There are two main genetic mechanism that can activate or deactivate cancer genes: mutations and DNA copy number alterations. In this work, we focus on detecting novel cancer genes using somatic DNA copy number data. The philosophy is simple: if independently acquired somatic amplifications or deletions occur frequently across multiple tumor samples, they are likely to harbor oncogenes or tumor-suppressors respectively. With a single tumor DNA copy number profile,it is not possible to know which copy number alterations activate or deactivate cancer genes, since many of the alterations (referred to as passenger aberrations) occur due to genomic instability and do not necessarily provide a selective advantage for cancerous cells. However, when aggregating across many samples, we expect cancer genes to be amplified or deleted more frequently than by chance, which allows us to detect them.
This application can be regarded as a peak calling problem. We aggregate (sum) copy number profiles across many tumors and call peaks that are significantly high. To do this we define a null model that describes the behavior of an aggregate copy number profile that would arise if only passenger aberrations occurred. The null aggregate profile (also called the noise profile) exhibits high auto correlation across the genome due to the segmented nature of copy number profiles.

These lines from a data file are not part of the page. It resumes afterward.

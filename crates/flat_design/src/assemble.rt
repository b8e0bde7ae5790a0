//! The flat design is put together: its pins, cells and nets.

pub(crate) mod building;
pub(crate) mod cell_pins;
pub(crate) mod design;
pub(crate) mod design_cells;
pub(crate) mod design_nets;
pub(crate) mod design_pins;
pub(crate) mod pin_drivers;
pub(crate) mod pin_rows;
pub(crate) mod port_pins;
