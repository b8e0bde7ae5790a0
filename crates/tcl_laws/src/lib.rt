//! Laws of Tcl texts: what brackets, braces and quotes pass over, and what parts words; and worked examples of scripts:
//! words, lists, built-in commands, calls of a host and whole runs.
//!
//! To the layers above it gives laws and no code: each function is a law, whose clause holds of the definitions, whoever
//! computes them. Lemma files whose names end in `Examples` are small cases worked out by hand.
#![tactic(auto)]

mod parted_texts;

pub use parted_texts::{
    blanks_and_continued_lines_part_words, braces_and_quotes_end_at_their_own,
    brackets_pass_over_words_whole, comments_end_at_the_first_free_newline,
    pairs_end_at_the_matching_one,
};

We therefore developed a statistical framework for calling peaks (at varying widths) where the noise profile can exhibit strong auto correlation. The framework allows us to detect peaks (at varying widths) with high statistical power while controlling the false discovery rate of detected peaks. We employ two concepts. First, we take advantage of the fact that broad peaks can be detected with much higher statistical power when smoothing the profile and we developed techniques for adaptive smoothing. Second, we use a powerful statistic called the expected Euler characteristic that is insensitive to platform resolution, directly compatible with our smoothing methodology and that can be directly used to estimate the expected number of false positive peaks called.

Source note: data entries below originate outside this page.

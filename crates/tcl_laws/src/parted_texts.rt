//! What brackets, braces and quotes pass over in a Tcl text, and what stands between its words and commands.

ghost use Rattle.std.specs.Prelude.{◌≡◌, ◌==◌, ◌++◌, ◌∷◌, ℕ, Bool, true, false, List, [], Option, Some, None};
ghost use Rattle.std.specs.List.{list_any};
ghost use Rattle.std.specs.Option.{option_and_then};
ghost use Rattle.text_model.specs.Bytes.{begins_with, is_space, leads_word};
ghost use Rattle.text_model.specs.Continued.{after_gap, comment, continues, from_command, parting};
ghost use Rattle.text_model.specs.Enclosed.{after_brace, after_bracket};
ghost use Rattle.tcl_laws.specs.Nested.{HasNone, Nest, after_quote, in_bracket, is_one_of, spelled};

/// A bracket ends at its `]`. Up to there an inner bracket is passed over whole, and so is a braced or a quoted word
/// where a word may begin; a backslash takes the next byte out. A word may begin after `[`, a blank, a newline and
/// `;`, and nowhere else but at the start. Where the text ends first, the bracket has no end.
pub fn brackets_pass_over_words_whole()
    ensures ends { (begins : Bool) (text : List ℕ) → in_bracket begins (93 ∷ text) ≡ Some text }
    ensures brackets { (begins : Bool) (text : List ℕ)
        → in_bracket begins (91 ∷ text) ≡ option_and_then (in_bracket false) (after_bracket text) }
    ensures braces { (text : List ℕ)
        → in_bracket true (123 ∷ text) ≡ option_and_then (in_bracket false) (after_brace text) }
    ensures quotes { (text : List ℕ)
        → in_bracket true (34 ∷ text) ≡ option_and_then (in_bracket false) (after_quote text) }
    ensures backslash { (begins : Bool) (b : ℕ) (text : List ℕ)
        → in_bracket begins (92 ∷ (b ∷ text)) ≡ in_bracket (b == 10) text }
    ensures at_word { (b : ℕ) (text : List ℕ) → is_one_of (34 ∷ 91 ∷ 92 ∷ 93 ∷ 123 ∷ []) b ≡ false
        → in_bracket true (b ∷ text) ≡ in_bracket (leads_word b) text }
    ensures in_word { (b : ℕ) (text : List ℕ) → is_one_of (91 ∷ 92 ∷ 93 ∷ []) b ≡ false
        → in_bracket false (b ∷ text) ≡ in_bracket (leads_word b) text }
    ensures no_end { (begins : Bool) → in_bracket begins [] ≡ None }
{}

/// A brace ends at its `}`, and passes over an inner brace whole; a quote ends at the next `"`, and passes over a
/// bracket whole; in both a backslash takes the next byte out, and nothing else counts.
pub fn braces_and_quotes_end_at_their_own()
    ensures brace_ends { (text : List ℕ) → after_brace (125 ∷ text) ≡ Some text }
    ensures braces { (text : List ℕ)
        → after_brace (123 ∷ text) ≡ option_and_then after_brace (after_brace text) }
    ensures brace_backslash { (b : ℕ) (text : List ℕ) → after_brace (92 ∷ (b ∷ text)) ≡ after_brace text }
    ensures in_brace { (b : ℕ) (text : List ℕ) → is_one_of (92 ∷ 123 ∷ 125 ∷ []) b ≡ false
        → after_brace (b ∷ text) ≡ after_brace text }
    ensures quote_ends { (text : List ℕ) → after_quote (34 ∷ text) ≡ Some text }
    ensures brackets { (text : List ℕ)
        → after_quote (91 ∷ text) ≡ option_and_then after_quote (after_bracket text) }
    ensures quote_backslash { (b : ℕ) (text : List ℕ) → after_quote (92 ∷ (b ∷ text)) ≡ after_quote text }
    ensures in_quote { (b : ℕ) (text : List ℕ) → is_one_of (34 ∷ 91 ∷ 92 ∷ []) b ≡ false
        → after_quote (b ∷ text) ≡ after_quote text }
    ensures no_end { (after_brace [] ≡ None) × (after_quote [] ≡ None) }
{}

/// A brace, and a bracket with neither quotes nor braces in it, ends at the matching one, however deep pairs stand
/// between them.
pub fn pairs_end_at_the_matching_one()
    ensures braces { (inside : Nest) (rest : List ℕ) → HasNone (92 ∷ 123 ∷ 125 ∷ []) inside
        → after_brace (spelled 123 125 inside ++ (125 ∷ rest)) ≡ Some rest }
    ensures brackets { (inside : Nest) (rest : List ℕ) → HasNone (34 ∷ 91 ∷ 92 ∷ 93 ∷ 123 ∷ []) inside
        → after_bracket (spelled 91 93 inside ++ (93 ∷ rest)) ≡ Some rest }
{}

/// Words are parted by blanks, tabs and carriage returns, and by a backslash before a newline, or before a carriage
/// return and a newline; by nothing else.
pub fn blanks_and_continued_lines_part_words()
    ensures spaces { (b : ℕ) (text : List ℕ) → is_space b ≡ true
        → after_gap false (b ∷ text) ≡ after_gap false text }
    ensures newline { (text : List ℕ) → after_gap false (92 ∷ (10 ∷ text)) ≡ after_gap false text }
    ensures carriage { (text : List ℕ)
        → after_gap false (92 ∷ (13 ∷ (10 ∷ text))) ≡ after_gap false text }
    ensures word { (b : ℕ) (text : List ℕ) → is_space b ≡ false → (b ≡ 92 → continues text ≡ false)
        → after_gap false (b ∷ text) ≡ b ∷ text }
{}

/// A comment begins with `#` where a command would start, and goes on up to the next newline that is no part of a
/// backslash-newline: each byte is a part of it but that newline, and so is what a backslash takes out, a newline or a
/// carriage return and a newline too. After the newline a command may start.
pub fn comments_end_at_the_first_free_newline()
    ensures begins { (text : List ℕ) → from_command parting (35 ∷ text) ≡ from_command comment text }
    ensures ends { (inside rest : List ℕ) → list_any (is_one_of (10 ∷ 92 ∷ [])) inside ≡ false
        → from_command comment (inside ++ (10 ∷ rest)) ≡ from_command parting rest }
    ensures backslash { (inside : List ℕ) (b : ℕ) (rest : List ℕ)
        → list_any (is_one_of (10 ∷ 92 ∷ [])) inside ≡ false → (b ≡ 13 → begins_with 10 rest ≡ false)
        → from_command comment (inside ++ (92 ∷ (b ∷ rest))) ≡ from_command comment rest }
    ensures carriage { (inside rest : List ℕ) → list_any (is_one_of (10 ∷ 92 ∷ [])) inside ≡ false
        → from_command comment (inside ++ (92 ∷ (13 ∷ (10 ∷ rest)))) ≡ from_command comment rest }
    ensures no_end { (inside : List ℕ) → list_any (is_one_of (10 ∷ 92 ∷ [])) inside ≡ false
        → from_command comment inside ≡ [] }
{}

This framework does not rely directly on the inherent properties of DNA copy number profiles and can therefore be applied in many more applications with suitably defined null-models. Although the mathematics we develop in this framework might be taxing at times, we observe thatthe equations that result and that are ultimately used in our peak calling algorithms are simple and the validity can easily be verified by simulating data and comparing our theoretical expectations with measured observations.